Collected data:

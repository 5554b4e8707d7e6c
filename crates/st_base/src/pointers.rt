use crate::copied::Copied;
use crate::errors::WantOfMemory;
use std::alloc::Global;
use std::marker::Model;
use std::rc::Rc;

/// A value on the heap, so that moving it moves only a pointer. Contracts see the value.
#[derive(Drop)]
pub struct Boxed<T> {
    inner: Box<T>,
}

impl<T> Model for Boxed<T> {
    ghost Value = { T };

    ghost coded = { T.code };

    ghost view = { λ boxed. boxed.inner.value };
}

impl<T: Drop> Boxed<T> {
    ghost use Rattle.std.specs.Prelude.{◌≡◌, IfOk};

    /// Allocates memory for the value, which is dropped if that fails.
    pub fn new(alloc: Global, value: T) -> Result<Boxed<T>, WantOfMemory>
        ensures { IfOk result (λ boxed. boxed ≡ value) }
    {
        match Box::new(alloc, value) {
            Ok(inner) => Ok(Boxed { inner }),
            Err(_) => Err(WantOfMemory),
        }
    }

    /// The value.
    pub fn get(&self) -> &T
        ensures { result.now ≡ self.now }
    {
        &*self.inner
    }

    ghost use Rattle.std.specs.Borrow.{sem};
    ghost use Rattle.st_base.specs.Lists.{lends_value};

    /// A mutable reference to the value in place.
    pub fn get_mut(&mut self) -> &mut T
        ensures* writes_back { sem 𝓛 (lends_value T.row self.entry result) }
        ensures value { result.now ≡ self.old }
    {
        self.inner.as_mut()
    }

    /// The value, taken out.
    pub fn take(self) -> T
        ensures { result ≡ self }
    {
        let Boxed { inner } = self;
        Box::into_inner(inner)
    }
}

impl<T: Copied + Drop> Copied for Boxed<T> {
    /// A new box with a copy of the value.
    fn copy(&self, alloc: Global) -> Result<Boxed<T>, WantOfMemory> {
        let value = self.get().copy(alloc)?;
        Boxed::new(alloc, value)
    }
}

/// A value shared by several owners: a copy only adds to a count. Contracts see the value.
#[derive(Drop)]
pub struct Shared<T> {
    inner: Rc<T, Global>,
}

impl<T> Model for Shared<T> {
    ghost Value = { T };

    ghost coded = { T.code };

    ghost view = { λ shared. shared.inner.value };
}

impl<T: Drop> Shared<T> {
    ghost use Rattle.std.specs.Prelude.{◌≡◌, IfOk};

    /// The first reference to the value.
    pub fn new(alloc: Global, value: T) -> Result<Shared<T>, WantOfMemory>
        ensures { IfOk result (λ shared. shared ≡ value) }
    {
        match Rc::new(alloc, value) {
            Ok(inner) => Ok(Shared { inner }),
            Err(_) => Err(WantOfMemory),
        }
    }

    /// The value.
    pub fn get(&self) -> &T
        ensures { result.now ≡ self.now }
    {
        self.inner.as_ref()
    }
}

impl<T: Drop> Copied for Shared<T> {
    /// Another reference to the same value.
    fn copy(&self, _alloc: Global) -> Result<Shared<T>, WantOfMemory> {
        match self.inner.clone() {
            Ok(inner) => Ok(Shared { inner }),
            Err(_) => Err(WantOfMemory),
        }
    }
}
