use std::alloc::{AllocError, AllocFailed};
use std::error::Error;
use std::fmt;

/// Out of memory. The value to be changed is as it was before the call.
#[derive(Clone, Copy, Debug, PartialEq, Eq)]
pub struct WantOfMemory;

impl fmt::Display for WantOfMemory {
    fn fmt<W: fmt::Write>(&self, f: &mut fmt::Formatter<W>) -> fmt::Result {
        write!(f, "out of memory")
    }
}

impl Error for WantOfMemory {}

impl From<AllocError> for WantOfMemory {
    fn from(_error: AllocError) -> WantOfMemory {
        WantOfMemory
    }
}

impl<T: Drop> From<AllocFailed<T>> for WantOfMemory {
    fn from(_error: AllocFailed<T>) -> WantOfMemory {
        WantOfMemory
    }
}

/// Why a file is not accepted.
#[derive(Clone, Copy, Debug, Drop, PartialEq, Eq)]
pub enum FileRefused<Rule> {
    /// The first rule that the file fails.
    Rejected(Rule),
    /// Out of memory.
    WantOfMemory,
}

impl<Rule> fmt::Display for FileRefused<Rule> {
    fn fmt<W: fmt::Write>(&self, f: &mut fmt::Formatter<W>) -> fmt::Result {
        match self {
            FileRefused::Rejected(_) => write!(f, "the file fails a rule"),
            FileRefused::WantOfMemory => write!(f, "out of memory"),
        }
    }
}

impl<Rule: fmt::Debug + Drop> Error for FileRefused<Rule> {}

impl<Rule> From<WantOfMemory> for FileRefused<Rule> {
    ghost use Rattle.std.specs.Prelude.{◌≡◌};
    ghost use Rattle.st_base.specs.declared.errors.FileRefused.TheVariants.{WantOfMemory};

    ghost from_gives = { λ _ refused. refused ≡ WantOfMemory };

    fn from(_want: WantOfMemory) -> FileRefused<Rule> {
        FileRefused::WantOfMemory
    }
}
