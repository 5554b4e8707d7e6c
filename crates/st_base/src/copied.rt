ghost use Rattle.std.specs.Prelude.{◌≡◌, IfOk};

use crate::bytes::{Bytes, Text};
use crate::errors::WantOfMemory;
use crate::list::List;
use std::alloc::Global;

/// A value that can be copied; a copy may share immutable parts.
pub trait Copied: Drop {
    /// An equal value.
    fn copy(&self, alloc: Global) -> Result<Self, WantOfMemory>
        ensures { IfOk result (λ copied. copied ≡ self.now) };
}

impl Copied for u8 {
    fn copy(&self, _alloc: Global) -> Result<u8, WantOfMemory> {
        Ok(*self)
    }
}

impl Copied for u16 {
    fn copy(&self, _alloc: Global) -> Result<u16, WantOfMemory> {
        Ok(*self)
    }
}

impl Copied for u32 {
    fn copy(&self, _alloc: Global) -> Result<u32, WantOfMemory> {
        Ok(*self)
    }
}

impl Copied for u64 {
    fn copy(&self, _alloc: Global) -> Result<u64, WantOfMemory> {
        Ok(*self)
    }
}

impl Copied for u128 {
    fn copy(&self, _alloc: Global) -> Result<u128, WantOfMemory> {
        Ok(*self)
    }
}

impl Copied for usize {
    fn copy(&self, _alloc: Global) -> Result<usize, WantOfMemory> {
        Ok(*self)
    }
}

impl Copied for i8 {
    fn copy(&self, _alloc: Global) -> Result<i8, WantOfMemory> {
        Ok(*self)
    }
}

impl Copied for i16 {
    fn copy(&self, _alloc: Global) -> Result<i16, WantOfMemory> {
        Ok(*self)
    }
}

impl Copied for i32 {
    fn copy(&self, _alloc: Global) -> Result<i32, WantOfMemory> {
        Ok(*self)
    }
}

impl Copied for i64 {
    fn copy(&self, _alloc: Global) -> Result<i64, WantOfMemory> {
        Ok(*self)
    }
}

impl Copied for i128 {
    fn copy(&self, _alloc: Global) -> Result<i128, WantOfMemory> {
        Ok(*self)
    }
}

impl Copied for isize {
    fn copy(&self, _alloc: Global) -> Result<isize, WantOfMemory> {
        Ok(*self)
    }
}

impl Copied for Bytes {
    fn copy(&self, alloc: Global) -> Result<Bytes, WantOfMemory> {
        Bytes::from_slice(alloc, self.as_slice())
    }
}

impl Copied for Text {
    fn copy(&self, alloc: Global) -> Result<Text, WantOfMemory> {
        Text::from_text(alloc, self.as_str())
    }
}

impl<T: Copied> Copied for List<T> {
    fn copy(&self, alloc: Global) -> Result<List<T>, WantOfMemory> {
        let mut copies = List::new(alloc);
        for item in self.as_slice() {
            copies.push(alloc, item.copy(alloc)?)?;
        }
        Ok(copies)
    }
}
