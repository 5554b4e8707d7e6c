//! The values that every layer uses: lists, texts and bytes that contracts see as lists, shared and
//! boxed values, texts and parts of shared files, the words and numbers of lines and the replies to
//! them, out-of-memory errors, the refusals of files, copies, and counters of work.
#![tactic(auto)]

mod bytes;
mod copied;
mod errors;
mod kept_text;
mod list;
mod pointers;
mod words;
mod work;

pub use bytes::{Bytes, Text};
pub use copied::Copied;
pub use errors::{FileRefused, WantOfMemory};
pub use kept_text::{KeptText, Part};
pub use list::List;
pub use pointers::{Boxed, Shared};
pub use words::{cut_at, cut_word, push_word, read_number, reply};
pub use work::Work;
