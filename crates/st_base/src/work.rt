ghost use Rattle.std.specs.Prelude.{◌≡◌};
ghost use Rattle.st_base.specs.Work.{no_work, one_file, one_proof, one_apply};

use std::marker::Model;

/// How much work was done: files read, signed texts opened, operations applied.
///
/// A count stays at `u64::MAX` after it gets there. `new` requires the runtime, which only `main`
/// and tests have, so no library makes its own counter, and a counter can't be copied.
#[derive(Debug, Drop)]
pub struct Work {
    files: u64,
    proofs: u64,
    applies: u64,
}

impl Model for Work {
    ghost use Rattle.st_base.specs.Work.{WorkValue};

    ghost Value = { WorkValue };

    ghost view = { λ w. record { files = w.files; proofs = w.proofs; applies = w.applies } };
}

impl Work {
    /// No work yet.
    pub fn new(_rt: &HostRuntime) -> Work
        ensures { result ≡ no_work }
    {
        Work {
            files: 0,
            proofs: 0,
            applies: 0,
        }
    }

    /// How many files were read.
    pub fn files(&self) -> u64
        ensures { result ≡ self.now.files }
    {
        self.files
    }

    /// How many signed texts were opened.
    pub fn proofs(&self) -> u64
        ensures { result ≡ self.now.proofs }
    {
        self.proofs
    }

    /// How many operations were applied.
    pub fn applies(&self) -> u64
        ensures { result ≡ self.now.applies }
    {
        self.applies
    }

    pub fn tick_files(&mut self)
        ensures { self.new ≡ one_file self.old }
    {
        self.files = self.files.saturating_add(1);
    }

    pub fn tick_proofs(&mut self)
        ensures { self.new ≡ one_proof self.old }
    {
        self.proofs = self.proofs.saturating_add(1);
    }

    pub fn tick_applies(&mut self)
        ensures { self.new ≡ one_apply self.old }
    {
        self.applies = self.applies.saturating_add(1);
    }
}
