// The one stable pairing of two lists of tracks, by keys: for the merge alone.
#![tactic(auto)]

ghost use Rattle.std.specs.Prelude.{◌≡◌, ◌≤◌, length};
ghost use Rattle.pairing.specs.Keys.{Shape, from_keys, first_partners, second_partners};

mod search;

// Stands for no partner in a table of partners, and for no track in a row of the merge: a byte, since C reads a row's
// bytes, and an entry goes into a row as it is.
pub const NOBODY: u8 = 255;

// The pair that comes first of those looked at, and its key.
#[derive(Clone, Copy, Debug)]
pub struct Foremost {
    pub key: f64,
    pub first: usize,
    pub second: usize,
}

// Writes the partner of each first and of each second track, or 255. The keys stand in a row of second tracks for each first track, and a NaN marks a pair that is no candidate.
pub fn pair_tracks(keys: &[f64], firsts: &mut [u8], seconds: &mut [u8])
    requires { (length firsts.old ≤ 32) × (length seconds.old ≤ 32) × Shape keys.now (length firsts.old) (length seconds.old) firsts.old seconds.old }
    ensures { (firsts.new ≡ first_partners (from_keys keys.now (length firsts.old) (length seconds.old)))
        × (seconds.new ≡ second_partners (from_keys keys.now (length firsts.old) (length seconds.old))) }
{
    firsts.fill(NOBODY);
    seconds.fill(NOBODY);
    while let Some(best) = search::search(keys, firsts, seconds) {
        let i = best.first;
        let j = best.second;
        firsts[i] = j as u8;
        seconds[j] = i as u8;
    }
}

= Exercise =
Lines holding the word "Display": say how many there are in the data, and nothing more.

= Answer box =
2